| Problem to solve |
Among these entries, how many lines contain "twenty"? Say the number and nothing else.

| Dataset content |
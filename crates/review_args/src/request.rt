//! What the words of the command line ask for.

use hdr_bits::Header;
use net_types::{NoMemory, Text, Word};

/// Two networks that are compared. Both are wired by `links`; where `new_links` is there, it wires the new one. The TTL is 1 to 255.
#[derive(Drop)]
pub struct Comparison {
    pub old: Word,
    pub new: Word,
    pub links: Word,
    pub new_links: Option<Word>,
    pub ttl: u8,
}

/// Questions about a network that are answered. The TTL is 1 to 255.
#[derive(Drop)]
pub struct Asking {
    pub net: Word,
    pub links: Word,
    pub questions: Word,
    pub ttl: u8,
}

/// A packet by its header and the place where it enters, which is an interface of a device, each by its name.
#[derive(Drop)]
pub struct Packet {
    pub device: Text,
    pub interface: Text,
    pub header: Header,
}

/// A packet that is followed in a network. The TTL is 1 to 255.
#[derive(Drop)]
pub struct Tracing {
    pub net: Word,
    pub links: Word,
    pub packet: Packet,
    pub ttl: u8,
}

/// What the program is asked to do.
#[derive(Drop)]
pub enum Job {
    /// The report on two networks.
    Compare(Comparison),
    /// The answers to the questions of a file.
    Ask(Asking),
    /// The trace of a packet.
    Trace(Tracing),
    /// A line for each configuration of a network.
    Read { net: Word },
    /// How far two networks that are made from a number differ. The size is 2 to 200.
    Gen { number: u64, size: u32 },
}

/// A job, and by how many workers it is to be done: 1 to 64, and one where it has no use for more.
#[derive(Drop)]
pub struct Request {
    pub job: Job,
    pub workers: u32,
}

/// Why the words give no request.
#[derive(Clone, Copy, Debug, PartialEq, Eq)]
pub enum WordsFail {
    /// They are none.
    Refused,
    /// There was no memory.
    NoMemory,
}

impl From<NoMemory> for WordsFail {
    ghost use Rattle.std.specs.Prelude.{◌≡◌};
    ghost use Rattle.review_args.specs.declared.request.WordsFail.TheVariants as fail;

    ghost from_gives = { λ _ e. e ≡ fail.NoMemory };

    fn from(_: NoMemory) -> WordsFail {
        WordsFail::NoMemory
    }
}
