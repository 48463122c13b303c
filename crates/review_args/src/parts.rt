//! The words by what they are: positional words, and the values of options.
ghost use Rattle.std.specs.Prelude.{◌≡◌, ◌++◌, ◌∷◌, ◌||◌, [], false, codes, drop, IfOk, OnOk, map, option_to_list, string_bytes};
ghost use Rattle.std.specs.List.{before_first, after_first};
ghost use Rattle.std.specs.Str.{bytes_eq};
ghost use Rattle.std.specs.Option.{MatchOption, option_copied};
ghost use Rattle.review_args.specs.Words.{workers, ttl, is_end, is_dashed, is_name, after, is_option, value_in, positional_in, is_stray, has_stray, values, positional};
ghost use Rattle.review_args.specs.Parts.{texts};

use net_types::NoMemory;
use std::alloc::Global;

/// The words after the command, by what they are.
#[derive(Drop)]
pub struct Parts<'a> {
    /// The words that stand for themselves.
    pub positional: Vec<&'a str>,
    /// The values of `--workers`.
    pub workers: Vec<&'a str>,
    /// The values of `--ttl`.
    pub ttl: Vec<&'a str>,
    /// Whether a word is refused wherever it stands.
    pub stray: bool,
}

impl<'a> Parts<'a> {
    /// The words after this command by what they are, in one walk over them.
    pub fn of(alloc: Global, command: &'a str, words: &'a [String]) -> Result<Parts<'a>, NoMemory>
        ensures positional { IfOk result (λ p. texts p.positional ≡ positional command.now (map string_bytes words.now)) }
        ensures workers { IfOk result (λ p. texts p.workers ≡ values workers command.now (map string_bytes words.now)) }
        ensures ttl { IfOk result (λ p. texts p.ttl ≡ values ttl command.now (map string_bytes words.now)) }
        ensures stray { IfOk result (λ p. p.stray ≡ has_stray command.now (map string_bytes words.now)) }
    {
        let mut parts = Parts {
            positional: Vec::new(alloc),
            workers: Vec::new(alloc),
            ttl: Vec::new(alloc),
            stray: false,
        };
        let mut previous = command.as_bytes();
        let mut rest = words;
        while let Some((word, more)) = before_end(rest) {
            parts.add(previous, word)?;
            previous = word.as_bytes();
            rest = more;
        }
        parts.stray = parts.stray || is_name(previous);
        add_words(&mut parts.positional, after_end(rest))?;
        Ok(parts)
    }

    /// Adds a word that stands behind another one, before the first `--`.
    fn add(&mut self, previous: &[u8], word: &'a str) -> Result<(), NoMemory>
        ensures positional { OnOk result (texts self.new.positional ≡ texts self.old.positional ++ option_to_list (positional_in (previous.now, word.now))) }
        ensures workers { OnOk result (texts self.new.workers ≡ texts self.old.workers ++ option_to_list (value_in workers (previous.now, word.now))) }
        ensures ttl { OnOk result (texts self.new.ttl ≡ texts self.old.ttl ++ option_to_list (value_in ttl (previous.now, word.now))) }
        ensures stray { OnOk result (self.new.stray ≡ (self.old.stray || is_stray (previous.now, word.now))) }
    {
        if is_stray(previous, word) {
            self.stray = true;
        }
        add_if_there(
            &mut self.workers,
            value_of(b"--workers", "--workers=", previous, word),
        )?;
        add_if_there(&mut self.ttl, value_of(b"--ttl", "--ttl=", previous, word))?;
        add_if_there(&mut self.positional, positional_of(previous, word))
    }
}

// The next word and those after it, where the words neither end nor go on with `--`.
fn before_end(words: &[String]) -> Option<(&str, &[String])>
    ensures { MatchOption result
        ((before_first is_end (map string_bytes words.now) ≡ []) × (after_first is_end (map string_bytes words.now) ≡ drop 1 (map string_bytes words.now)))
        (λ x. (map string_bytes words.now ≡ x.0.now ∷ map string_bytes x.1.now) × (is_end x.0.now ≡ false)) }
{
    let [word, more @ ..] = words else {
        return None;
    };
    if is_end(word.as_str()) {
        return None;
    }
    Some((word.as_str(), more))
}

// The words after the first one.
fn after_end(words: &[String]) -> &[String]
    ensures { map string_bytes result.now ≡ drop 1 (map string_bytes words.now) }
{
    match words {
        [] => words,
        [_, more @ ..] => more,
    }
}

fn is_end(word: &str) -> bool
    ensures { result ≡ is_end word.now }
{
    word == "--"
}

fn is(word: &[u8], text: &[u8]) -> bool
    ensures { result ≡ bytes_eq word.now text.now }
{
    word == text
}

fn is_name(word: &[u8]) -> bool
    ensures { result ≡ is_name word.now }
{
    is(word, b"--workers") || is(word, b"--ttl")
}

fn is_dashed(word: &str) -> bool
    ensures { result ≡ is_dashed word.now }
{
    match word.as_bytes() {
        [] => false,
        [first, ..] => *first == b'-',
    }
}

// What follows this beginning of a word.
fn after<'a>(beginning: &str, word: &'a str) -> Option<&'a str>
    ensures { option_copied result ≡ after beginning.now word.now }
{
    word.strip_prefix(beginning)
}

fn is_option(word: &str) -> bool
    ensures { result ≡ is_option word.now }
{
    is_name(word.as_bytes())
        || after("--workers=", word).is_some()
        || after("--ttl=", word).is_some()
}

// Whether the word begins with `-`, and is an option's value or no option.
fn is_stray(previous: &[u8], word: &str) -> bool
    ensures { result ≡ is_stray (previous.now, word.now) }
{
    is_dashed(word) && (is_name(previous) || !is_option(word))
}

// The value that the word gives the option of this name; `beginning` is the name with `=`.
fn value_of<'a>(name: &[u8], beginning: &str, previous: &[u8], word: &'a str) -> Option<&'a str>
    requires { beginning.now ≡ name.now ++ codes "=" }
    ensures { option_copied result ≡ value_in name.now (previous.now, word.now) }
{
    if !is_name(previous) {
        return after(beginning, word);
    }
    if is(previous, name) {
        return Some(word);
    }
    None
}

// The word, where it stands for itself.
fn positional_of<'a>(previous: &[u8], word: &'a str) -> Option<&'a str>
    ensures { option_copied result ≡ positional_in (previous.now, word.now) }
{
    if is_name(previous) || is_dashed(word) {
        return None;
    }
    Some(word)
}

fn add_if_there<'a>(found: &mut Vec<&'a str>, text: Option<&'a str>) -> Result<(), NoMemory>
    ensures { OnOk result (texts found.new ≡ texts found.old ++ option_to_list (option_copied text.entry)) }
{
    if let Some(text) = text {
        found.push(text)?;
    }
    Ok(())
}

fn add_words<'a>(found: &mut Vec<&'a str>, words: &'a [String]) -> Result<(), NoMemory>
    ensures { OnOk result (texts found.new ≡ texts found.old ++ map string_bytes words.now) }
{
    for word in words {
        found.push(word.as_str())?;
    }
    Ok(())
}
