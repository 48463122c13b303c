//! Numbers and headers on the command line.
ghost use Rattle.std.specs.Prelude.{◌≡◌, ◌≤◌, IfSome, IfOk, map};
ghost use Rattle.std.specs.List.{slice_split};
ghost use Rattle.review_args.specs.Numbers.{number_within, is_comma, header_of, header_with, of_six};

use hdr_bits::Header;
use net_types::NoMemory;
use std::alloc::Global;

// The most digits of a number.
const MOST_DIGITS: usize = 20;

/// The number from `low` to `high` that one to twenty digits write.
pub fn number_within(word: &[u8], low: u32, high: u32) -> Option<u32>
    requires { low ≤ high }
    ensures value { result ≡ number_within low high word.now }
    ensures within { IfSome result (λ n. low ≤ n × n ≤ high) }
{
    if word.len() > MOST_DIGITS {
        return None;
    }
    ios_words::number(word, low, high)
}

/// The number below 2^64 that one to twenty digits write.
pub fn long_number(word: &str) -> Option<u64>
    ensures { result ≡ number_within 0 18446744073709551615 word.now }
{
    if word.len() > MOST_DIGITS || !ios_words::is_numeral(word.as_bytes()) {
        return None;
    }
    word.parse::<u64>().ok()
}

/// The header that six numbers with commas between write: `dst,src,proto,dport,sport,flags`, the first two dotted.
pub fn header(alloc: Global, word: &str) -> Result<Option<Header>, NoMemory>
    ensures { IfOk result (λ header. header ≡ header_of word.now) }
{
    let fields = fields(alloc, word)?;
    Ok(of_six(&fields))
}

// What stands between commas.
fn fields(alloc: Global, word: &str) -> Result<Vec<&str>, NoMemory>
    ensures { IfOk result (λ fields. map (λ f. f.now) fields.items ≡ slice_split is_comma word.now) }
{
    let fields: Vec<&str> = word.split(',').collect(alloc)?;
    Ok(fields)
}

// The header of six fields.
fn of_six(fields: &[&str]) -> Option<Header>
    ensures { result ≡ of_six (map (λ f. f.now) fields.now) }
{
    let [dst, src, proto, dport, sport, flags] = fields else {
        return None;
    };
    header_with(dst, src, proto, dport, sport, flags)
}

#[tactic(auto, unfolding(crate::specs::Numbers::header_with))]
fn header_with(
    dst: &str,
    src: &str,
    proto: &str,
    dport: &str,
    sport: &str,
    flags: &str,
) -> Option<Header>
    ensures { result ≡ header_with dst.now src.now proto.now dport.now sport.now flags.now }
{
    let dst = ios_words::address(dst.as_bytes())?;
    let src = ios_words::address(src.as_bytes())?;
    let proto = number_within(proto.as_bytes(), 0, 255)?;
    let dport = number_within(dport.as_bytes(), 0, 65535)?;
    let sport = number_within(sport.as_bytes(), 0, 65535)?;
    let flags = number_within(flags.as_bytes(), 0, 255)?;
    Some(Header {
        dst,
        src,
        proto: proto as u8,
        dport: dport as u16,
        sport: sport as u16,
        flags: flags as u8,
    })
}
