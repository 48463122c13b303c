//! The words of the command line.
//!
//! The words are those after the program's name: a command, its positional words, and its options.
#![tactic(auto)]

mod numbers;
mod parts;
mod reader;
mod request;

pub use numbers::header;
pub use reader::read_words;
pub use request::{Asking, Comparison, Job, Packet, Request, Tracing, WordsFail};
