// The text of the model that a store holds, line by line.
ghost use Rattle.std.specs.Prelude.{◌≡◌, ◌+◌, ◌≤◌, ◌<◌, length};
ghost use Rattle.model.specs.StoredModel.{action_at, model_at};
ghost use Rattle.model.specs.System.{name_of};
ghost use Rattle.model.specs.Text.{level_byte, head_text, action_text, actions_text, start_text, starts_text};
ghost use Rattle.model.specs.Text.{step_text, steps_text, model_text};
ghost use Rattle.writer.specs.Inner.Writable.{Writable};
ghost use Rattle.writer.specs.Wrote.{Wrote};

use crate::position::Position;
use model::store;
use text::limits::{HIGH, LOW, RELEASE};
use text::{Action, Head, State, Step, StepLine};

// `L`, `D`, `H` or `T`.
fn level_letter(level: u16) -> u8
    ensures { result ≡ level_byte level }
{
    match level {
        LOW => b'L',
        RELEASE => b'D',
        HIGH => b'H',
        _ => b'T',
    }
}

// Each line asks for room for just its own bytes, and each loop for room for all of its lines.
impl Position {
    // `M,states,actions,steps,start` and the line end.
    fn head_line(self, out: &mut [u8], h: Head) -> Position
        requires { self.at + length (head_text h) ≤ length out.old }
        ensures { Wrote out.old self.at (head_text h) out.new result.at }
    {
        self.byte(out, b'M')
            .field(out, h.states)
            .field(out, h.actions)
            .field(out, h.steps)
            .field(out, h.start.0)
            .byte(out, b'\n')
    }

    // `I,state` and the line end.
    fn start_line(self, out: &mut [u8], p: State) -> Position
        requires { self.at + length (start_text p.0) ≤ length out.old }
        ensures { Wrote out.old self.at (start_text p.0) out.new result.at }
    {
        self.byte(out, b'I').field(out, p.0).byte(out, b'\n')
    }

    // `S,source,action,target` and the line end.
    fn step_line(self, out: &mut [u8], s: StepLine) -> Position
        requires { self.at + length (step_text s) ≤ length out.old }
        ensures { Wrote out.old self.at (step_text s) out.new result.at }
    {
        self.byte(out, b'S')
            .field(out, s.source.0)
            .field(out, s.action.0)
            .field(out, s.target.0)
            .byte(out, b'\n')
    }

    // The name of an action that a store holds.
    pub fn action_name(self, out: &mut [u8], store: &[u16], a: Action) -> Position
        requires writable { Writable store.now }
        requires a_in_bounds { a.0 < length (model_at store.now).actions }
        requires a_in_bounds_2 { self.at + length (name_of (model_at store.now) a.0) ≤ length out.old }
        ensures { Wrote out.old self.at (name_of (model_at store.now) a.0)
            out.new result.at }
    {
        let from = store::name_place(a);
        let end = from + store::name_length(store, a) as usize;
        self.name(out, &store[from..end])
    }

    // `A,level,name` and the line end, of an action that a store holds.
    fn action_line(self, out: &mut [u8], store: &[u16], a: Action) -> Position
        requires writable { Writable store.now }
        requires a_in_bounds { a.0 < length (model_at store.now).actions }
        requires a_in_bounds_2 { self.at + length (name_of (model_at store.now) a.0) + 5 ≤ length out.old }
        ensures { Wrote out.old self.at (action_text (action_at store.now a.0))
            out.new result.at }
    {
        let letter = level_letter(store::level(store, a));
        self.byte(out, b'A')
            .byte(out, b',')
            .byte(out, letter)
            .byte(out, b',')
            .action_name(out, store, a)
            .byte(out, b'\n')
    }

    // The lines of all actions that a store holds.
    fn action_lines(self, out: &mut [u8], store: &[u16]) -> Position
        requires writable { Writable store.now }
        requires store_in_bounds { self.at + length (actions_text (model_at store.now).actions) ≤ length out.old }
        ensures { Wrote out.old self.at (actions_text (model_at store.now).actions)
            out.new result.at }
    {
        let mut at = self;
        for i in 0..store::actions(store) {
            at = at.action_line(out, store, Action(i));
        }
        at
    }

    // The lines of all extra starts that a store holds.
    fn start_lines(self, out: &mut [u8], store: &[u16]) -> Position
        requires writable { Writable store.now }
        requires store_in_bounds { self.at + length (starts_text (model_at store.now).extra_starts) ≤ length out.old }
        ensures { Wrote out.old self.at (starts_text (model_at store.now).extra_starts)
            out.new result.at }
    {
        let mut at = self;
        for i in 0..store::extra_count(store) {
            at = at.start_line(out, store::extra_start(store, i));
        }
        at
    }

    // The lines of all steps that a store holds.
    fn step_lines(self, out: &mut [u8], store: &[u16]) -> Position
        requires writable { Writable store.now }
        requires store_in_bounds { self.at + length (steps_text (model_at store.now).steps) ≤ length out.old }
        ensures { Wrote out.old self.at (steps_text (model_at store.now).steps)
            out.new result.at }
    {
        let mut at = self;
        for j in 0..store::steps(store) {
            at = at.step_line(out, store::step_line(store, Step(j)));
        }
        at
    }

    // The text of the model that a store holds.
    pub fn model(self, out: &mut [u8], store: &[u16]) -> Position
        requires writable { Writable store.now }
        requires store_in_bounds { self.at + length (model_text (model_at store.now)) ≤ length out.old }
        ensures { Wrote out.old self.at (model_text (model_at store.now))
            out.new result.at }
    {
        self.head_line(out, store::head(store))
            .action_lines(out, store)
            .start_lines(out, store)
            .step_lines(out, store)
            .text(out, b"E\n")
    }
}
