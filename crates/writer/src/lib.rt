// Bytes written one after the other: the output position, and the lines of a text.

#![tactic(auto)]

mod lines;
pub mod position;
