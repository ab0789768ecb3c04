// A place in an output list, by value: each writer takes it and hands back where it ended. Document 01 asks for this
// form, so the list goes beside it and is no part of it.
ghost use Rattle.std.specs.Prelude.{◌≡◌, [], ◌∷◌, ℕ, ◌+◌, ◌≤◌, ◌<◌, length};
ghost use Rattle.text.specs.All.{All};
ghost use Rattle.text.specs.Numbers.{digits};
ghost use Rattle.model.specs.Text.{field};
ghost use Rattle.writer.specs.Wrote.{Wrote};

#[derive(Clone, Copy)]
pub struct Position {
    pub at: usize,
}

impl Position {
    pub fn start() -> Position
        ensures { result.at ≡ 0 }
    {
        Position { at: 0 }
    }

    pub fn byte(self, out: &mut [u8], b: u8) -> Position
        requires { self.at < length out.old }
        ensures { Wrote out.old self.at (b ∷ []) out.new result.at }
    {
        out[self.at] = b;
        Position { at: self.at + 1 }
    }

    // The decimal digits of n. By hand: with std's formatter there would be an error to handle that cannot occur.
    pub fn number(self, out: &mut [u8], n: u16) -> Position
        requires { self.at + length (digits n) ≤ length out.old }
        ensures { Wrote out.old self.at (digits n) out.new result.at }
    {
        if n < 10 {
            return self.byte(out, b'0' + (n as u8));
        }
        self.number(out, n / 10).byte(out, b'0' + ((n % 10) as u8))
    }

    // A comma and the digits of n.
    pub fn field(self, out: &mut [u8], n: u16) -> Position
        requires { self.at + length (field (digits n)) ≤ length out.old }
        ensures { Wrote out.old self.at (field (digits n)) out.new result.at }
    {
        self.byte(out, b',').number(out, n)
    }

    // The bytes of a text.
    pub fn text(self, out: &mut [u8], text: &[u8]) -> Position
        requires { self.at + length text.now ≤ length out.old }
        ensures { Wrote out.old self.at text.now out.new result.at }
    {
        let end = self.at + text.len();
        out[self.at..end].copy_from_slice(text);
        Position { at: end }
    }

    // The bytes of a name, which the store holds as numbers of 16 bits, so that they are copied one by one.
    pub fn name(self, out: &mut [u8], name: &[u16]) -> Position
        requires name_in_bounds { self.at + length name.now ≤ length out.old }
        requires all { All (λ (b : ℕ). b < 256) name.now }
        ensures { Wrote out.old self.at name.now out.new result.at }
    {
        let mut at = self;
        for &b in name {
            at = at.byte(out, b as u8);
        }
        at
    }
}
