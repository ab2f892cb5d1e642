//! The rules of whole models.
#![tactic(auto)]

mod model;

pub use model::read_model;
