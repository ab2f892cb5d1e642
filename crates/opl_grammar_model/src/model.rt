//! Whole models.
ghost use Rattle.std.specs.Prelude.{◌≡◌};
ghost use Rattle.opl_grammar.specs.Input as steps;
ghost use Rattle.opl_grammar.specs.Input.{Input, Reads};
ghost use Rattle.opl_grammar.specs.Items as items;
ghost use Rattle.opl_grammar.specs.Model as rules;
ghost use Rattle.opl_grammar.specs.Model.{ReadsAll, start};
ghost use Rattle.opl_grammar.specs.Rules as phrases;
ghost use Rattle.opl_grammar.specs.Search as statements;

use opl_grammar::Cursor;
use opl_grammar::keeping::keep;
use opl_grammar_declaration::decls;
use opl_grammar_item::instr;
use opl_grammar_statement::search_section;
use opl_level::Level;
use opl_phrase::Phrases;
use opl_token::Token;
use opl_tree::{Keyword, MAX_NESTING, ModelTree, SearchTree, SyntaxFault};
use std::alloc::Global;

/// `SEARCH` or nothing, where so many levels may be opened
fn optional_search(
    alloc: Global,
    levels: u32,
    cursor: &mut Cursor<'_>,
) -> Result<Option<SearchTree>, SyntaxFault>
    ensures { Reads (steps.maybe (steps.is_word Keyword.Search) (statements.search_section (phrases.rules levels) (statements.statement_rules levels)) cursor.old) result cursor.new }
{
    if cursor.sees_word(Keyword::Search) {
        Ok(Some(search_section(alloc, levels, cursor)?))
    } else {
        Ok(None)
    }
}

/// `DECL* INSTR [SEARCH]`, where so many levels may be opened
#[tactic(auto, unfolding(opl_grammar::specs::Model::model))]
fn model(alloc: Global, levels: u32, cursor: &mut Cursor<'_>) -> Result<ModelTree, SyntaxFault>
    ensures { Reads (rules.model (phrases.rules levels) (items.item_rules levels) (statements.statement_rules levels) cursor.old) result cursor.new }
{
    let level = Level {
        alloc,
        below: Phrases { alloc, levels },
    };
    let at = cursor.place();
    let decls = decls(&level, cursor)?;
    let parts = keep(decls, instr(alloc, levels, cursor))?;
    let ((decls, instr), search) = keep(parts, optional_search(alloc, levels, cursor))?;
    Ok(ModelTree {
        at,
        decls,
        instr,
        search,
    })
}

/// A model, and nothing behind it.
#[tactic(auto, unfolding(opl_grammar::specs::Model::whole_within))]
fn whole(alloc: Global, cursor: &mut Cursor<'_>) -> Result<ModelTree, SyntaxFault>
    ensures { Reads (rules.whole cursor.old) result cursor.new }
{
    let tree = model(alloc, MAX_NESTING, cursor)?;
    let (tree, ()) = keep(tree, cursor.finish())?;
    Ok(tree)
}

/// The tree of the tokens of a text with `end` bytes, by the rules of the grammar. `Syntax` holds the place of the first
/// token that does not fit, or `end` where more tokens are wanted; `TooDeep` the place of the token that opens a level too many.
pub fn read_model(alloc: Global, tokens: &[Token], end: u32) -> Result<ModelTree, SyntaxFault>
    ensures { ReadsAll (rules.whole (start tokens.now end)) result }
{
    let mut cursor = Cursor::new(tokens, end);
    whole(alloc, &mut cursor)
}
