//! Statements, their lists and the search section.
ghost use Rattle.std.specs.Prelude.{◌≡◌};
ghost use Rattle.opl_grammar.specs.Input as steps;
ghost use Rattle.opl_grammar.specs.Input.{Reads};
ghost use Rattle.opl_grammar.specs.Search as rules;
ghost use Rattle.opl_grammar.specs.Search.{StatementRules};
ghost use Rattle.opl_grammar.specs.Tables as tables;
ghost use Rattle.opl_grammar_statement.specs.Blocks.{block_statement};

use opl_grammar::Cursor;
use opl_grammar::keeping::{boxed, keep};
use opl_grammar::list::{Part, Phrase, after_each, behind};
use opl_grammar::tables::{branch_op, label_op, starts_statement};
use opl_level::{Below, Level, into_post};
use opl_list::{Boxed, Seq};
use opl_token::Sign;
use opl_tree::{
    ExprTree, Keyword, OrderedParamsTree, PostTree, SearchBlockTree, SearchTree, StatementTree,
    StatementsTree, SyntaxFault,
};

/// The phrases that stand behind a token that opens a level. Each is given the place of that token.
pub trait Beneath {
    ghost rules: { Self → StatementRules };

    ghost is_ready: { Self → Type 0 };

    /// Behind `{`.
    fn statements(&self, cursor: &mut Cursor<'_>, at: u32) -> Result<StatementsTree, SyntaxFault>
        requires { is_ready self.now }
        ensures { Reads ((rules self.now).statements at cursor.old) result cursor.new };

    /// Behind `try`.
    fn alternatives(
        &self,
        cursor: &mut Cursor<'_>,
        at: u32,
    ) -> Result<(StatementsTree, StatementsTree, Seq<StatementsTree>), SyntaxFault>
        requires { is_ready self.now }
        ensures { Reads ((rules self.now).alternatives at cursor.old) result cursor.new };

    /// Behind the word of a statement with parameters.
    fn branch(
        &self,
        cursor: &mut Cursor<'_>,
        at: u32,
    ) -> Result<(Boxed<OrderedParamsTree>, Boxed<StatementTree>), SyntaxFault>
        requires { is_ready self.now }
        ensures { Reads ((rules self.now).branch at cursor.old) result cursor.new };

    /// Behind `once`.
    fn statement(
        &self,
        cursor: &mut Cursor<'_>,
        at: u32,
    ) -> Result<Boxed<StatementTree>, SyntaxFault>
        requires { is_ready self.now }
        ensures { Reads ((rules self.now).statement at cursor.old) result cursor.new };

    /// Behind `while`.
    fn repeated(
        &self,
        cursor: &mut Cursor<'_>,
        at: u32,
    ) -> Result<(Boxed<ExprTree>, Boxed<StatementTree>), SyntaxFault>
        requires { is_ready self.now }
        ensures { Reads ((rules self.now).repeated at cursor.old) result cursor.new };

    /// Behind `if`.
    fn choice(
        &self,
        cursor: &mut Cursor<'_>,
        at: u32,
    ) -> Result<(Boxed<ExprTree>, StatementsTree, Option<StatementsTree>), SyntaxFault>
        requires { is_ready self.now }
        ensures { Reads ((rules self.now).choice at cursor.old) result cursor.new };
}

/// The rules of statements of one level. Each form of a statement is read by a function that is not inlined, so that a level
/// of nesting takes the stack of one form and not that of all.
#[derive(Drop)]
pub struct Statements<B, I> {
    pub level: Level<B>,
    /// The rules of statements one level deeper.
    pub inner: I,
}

| Solution |
2